When you look up a key, you hash to the bucket (\(O(1)\)), then walk the chain at that bucket until you find the key or reach the end. If chains are short — which they will be if the load factor is low — this is effectively \(O(1)\).
Chaining vs Open Addressing
Chaining pros:
- Simple to implement
- Handles high load factors gracefully — chains just get longer
- Deletion is straightforward (unlink the node)
- Each chain can use any data structure (sorted list, BST, even another hash table)
Open addressing pros:
- Everything stays inside the array — better cache locality
- No extra memory for pointers
- Works better when load factor stays below ~0.5
Java's HashMap uses chaining. Python's dict uses open addressing with a custom probing scheme. Both work — the tradeoff is memory vs. cache performance.
← → arrow keys to step · click elements to interact
Hash Table with Chaining
When to resize
With chaining, the load factor α = n / m (n keys, m buckets) directly predicts average chain length. When α = 1, on average each chain has one node — that's fine. When α = 3, chains average 3 nodes per lookup — still manageable but slowing down.
The typical resize threshold for chaining is α > 0.75 (75% full). At that point the table doubles its bucket count and every key is rehashed into the new, larger array. The operation is \(O(n)\) but amortized \(O(1)\) per insert.
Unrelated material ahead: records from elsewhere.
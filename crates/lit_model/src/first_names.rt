//! Given names with their single letters marked, such as `Karl J.`.

ghost use Rattle.std.specs.Prelude.{◌≡◌, true, option_copied, chars, OnOk, OnErr};
ghost use Rattle.unicode.specs.GeneralCategory.{general_category};
ghost use Rattle.std.specs.Fmt.{WritesInCalls};
ghost use Rattle.lit_model.specs.FirstNames as spec;
ghost use Rattle.lit_model.specs.Initials.{given_words};
ghost use Rattle.lit_model.specs.Marked.{gap_after};
ghost use Rattle.lit_model.specs.Person.{person_view};

use crate::person::Person;
use csl_common::{Sink, TrackingWriter};
use std::fmt;
use unicode::properties::GeneralCategory;

fn is_capital(c: char) -> bool
    ensures { result ≡ spec.is_capital (general_category c) }
{
    matches!(
        GeneralCategory::for_char(c),
        GeneralCategory::UppercaseLetter
    )
}

/// Whether the text is one uppercase letter.
fn is_single_capital(text: &str) -> bool
    ensures { result ≡ spec.is_single_capital (chars text.now) }
{
    let mut rest = text.chars();
    match rest.next() {
        None => false,
        Some(first) => match rest.next() {
            None => is_capital(first),
            Some(_second) => false,
        },
    }
}

fn without_dot(word: &str) -> &str
    ensures { result.now ≡ spec.without_dot word.now }
{
    match word.strip_suffix('.') {
        Some(front) => front,
        None => word,
    }
}

/// The letter of a word that is one uppercase letter, with or without a dot.
fn single_letter(word: &str) -> Option<&str>
    ensures { option_copied result ≡ spec.single_letter word.now }
{
    let letter = without_dot(word);
    if is_single_capital(letter) {
        Some(letter)
    } else {
        None
    }
}

/// The gap between a word and the next. After a single letter it is the white space at the end of
/// `text`, if there is any. Otherwise it is a space.
fn gap_after<'a>(text: &'a str, letter: Option<&str>) -> &'a str
    ensures { result.now ≡ gap_after text.now (option_copied letter.entry) }
{
    if letter.is_none() {
        return " ";
    }
    let end = text.trim_end().len();
    if end < text.len() { &text[end..] } else { " " }
}

fn write_name<S: Sink>(sink: &mut S, text: &str, letter: Option<&str>, word: &str) -> fmt::Result
    ensures ok { OnOk result (WritesInCalls S.write_str_gives sink.old
        (spec.last_letter_or_word text.now (option_copied letter.entry) word.now) sink.new) }
    ensures kept { OnOk result (S.refused sink.new ≡ S.refused sink.old) }
    ensures err { OnErr result (S.refused sink.new ≡ true) }
{
    match letter {
        None => sink.put(word),
        Some(letter) => sink.write_all(&[letter, text.trim_end()]),
    }
}

fn write_names<S: Sink>(sink: &mut S, text: &str, given: &str) -> fmt::Result
    ensures ok { OnOk result (WritesInCalls S.write_str_gives sink.old
        (spec.lettered_words text.now (given_words given.now)) sink.new) }
    ensures kept { OnOk result (S.refused sink.new ≡ S.refused sink.old) }
    ensures err { OnErr result (S.refused sink.new ≡ true) }
{
    let mut gap = "";
    for word in given.split_whitespace() {
        let letter = single_letter(word);
        sink.put(gap)?;
        write_name(sink, text, letter, word)?;
        gap = gap_after(text, letter);
    }
    Ok(())
}

impl Person {
    /// Writes the given name to a sink. A word that is one uppercase letter (general category Lu),
    /// with or without a dot, becomes the letter and the text `delimiter`. Any other word is
    /// unchanged. A space separates two words, unless `delimiter` follows the first of them and
    /// ends in white space. After the last word `delimiter` loses its trailing white space.
    ///
    /// # Errors
    /// [`fmt::Error`]: the sink refused a text; the contents of the sink are then unspecified.
    pub fn first_name_with_delimiter_into<S: Sink>(
        &self,
        sink: &mut S,
        delimiter: Option<&str>,
    ) -> fmt::Result
        ensures ok { OnOk result (WritesInCalls S.write_str_gives sink.old
            (spec.person_first_name (option_copied delimiter.entry) (person_view self.now))
            sink.new) }
        ensures kept { OnOk result (S.refused sink.new ≡ S.refused sink.old) }
        ensures err { OnErr result (S.refused sink.new ≡ true) }
    {
        let text = delimiter.unwrap_or("");
        match &self.given_name {
            None => Ok(()),
            Some(given) => write_names(sink, text, given.as_str()),
        }
    }

    /// Writes the given name to any writer, as [`Person::first_name_with_delimiter_into`] does to a
    /// sink.
    ///
    /// # Errors
    /// [`fmt::Error`]: the writer refused a text; its contents are then unspecified.
    pub fn first_name_with_delimiter<W: fmt::Write>(
        &self,
        w: &mut W,
        delimiter: Option<&str>,
    ) -> fmt::Result
        ensures { OnOk result (WritesInCalls W.write_str_gives w.old
            (spec.person_first_name (option_copied delimiter.entry) (person_view self.now)) w.new) }
    {
        let mut sink = TrackingWriter::new(w);
        let result = self.first_name_with_delimiter_into(&mut sink, delimiter);
        // No effect: the proof gets the contents of `w` from the returned reference.
        sink.into_inner();
        result
    }
}
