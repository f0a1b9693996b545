//! The initials of given names.

ghost use Rattle.std.specs.Prelude.{◌≡◌, true, option_to_list, option_copied, OnOk, OnErr, IfOk};
ghost use Rattle.std.specs.Fmt.{WritesInCalls};
ghost use Rattle.lit_model.specs.Initials.{first_grapheme, initials_of, initials, person_initials};
ghost use Rattle.lit_model.specs.Person.{person_view};
ghost use Rattle.lit_model.specs.Shortened as spec;

use crate::person::Person;
use csl_common::{Sink, TrackingWriter};
use std::fmt;
use unicode_segmentation::UnicodeSegmentation;

/// The position of an initial, by what precedes it.
#[derive(Clone, Copy)]
enum Before {
    /// No other initial.
    Nothing,
    /// An initial of an earlier word.
    Word,
    /// An initial of the same word.
    Piece,
}

/// The settings for writing initials.
#[derive(Clone, Copy)]
struct Shortened<'a> {
    /// The text that follows each initial.
    text: &'a str,
    /// Whether a hyphen in a name is kept.
    hyphen: bool,
}

impl Shortened<'_> {
    fn write_gap<S: Sink>(&self, sink: &mut S, before: Before) -> fmt::Result
        ensures ok { OnOk result (WritesInCalls S.write_str_gives sink.old
            (spec.gap self.now.text.now self.now.hyphen before) sink.new) }
        ensures kept { OnOk result (S.refused sink.new ≡ S.refused sink.old) }
        ensures err { OnErr result (S.refused sink.new ≡ true) }
    {
        match before {
            Before::Nothing => Ok(()),
            Before::Word => sink.put(self.text),
            Before::Piece if self.hyphen => sink.write_all(&[self.text.trim_end(), "-"]),
            Before::Piece => sink.put(self.text),
        }
    }

    /// Writes the initial of a piece, unless the piece is empty. Returns the position of the next
    /// initial in the word.
    fn write_piece<S: Sink>(
        &self,
        sink: &mut S,
        piece: &str,
        before: Before,
    ) -> Result<Before, fmt::Error>
        ensures place { IfOk result
            (λ b. b ≡ spec.before_piece before (option_to_list (first_grapheme piece.now))) }
        ensures ok { OnOk result (WritesInCalls S.write_str_gives sink.old
            (spec.word_text self.now.text.now self.now.hyphen before
            (option_to_list (first_grapheme piece.now))) sink.new) }
        ensures kept { OnOk result (S.refused sink.new ≡ S.refused sink.old) }
        ensures err { OnErr result (S.refused sink.new ≡ true) }
    {
        match piece.graphemes(true).next() {
            None => Ok(before),
            Some(initial) => {
                self.write_gap(sink, before)?;
                sink.put(initial)?;
                Ok(Before::Piece)
            }
        }
    }

    /// Writes the initials of a word. Returns the position that a further initial in the word would
    /// have.
    fn write_word<S: Sink>(
        &self,
        sink: &mut S,
        word: &str,
        before: Before,
    ) -> Result<Before, fmt::Error>
        ensures place { IfOk result (λ b. b ≡ spec.before_piece before (initials_of word.now)) }
        ensures ok { OnOk result (WritesInCalls S.write_str_gives sink.old
            (spec.word_text self.now.text.now self.now.hyphen before (initials_of word.now))
            sink.new) }
        ensures kept { OnOk result (S.refused sink.new ≡ S.refused sink.old) }
        ensures err { OnErr result (S.refused sink.new ≡ true) }
    {
        let mut rest = word;
        let mut place = before;
        while let Some((piece, after)) = rest.split_once('-') {
            place = self.write_piece(sink, piece, place)?;
            rest = after;
        }
        let last = self.write_piece(sink, rest, place)?;
        Ok(last)
    }

    /// Writes the initials of all words of a given name.
    fn write_words<S: Sink>(&self, sink: &mut S, given: &str) -> fmt::Result
        ensures ok { OnOk result (WritesInCalls S.write_str_gives sink.old
            (initials self.now.text.now self.now.hyphen given.now) sink.new) }
        ensures kept { OnOk result (S.refused sink.new ≡ S.refused sink.old) }
        ensures err { OnErr result (S.refused sink.new ≡ true) }
    {
        let mut place = Before::Nothing;
        for word in given.split_whitespace() {
            let last = self.write_word(sink, word, place)?;
            place = last.before_word();
        }
        self.write_end(sink, place)?;
        Ok(())
    }

    fn write_end<S: Sink>(&self, sink: &mut S, place: Before) -> fmt::Result
        ensures ok { OnOk result (WritesInCalls S.write_str_gives sink.old
            (spec.end_text self.now.text.now place) sink.new) }
        ensures kept { OnOk result (S.refused sink.new ≡ S.refused sink.old) }
        ensures err { OnErr result (S.refused sink.new ≡ true) }
    {
        match place {
            Before::Nothing => Ok(()),
            Before::Word | Before::Piece => sink.put(self.text.trim_end()),
        }
    }
}

impl Before {
    /// The position of the first initial of the next word.
    fn before_word(self) -> Before
        ensures { result ≡ spec.before_word self }
    {
        match self {
            Before::Nothing => Before::Nothing,
            Before::Word | Before::Piece => Before::Word,
        }
    }
}

impl Person {
    /// Writes the initials of the given name to a sink: the first grapheme of each piece between
    /// white space or `-`. The text `delimiter` follows each initial; at the end it loses its
    /// trailing white space. If `with_hyphen`, the text between two initials of one word is
    /// `delimiter` without its trailing white space, then a `-`.
    ///
    /// # Errors
    /// [`fmt::Error`]: the sink refused a text; the contents of the sink are then unspecified.
    pub fn initials_into<S: Sink>(
        &self,
        sink: &mut S,
        delimiter: Option<&str>,
        with_hyphen: bool,
    ) -> fmt::Result
        ensures ok { OnOk result (WritesInCalls S.write_str_gives sink.old
            (person_initials (option_copied delimiter.entry) with_hyphen (person_view self.now)) sink.new) }
        ensures kept { OnOk result (S.refused sink.new ≡ S.refused sink.old) }
        ensures err { OnErr result (S.refused sink.new ≡ true) }
    {
        let text = delimiter.unwrap_or("");
        match &self.given_name {
            None => Ok(()),
            Some(given) => {
                let shortened = Shortened {
                    text,
                    hyphen: with_hyphen,
                };
                shortened.write_words(sink, given.as_str())
            }
        }
    }

    /// Writes the initials of the given name to any writer, as [`Person::initials_into`] does to a
    /// sink.
    ///
    /// # Errors
    /// [`fmt::Error`]: the writer refused a text; its contents are then unspecified.
    pub fn initials<W: fmt::Write>(
        &self,
        w: &mut W,
        delimiter: Option<&str>,
        with_hyphen: bool,
    ) -> fmt::Result
        ensures { OnOk result (WritesInCalls W.write_str_gives w.old
            (person_initials (option_copied delimiter.entry) with_hyphen (person_view self.now)) w.new) }
    {
        let mut sink = TrackingWriter::new(w);
        let result = self.initials_into(&mut sink, delimiter, with_hyphen);
        // No effect: the proof gets the contents of `w` from the returned reference.
        sink.into_inner();
        result
    }
}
After resizing, α drops to roughly 0.375 (half of 0.75), giving plenty of breathing room before the next resize.
Treeifying long chains (Java 8+)
In Java's HashMap, if a single chain grows beyond 8 nodes, it automatically converts that chain into a red-black tree. Lookup in that bucket then becomes \(O(\log n)\) instead of \(O(n)\) — a safety net against adversarial inputs that hammer one bucket.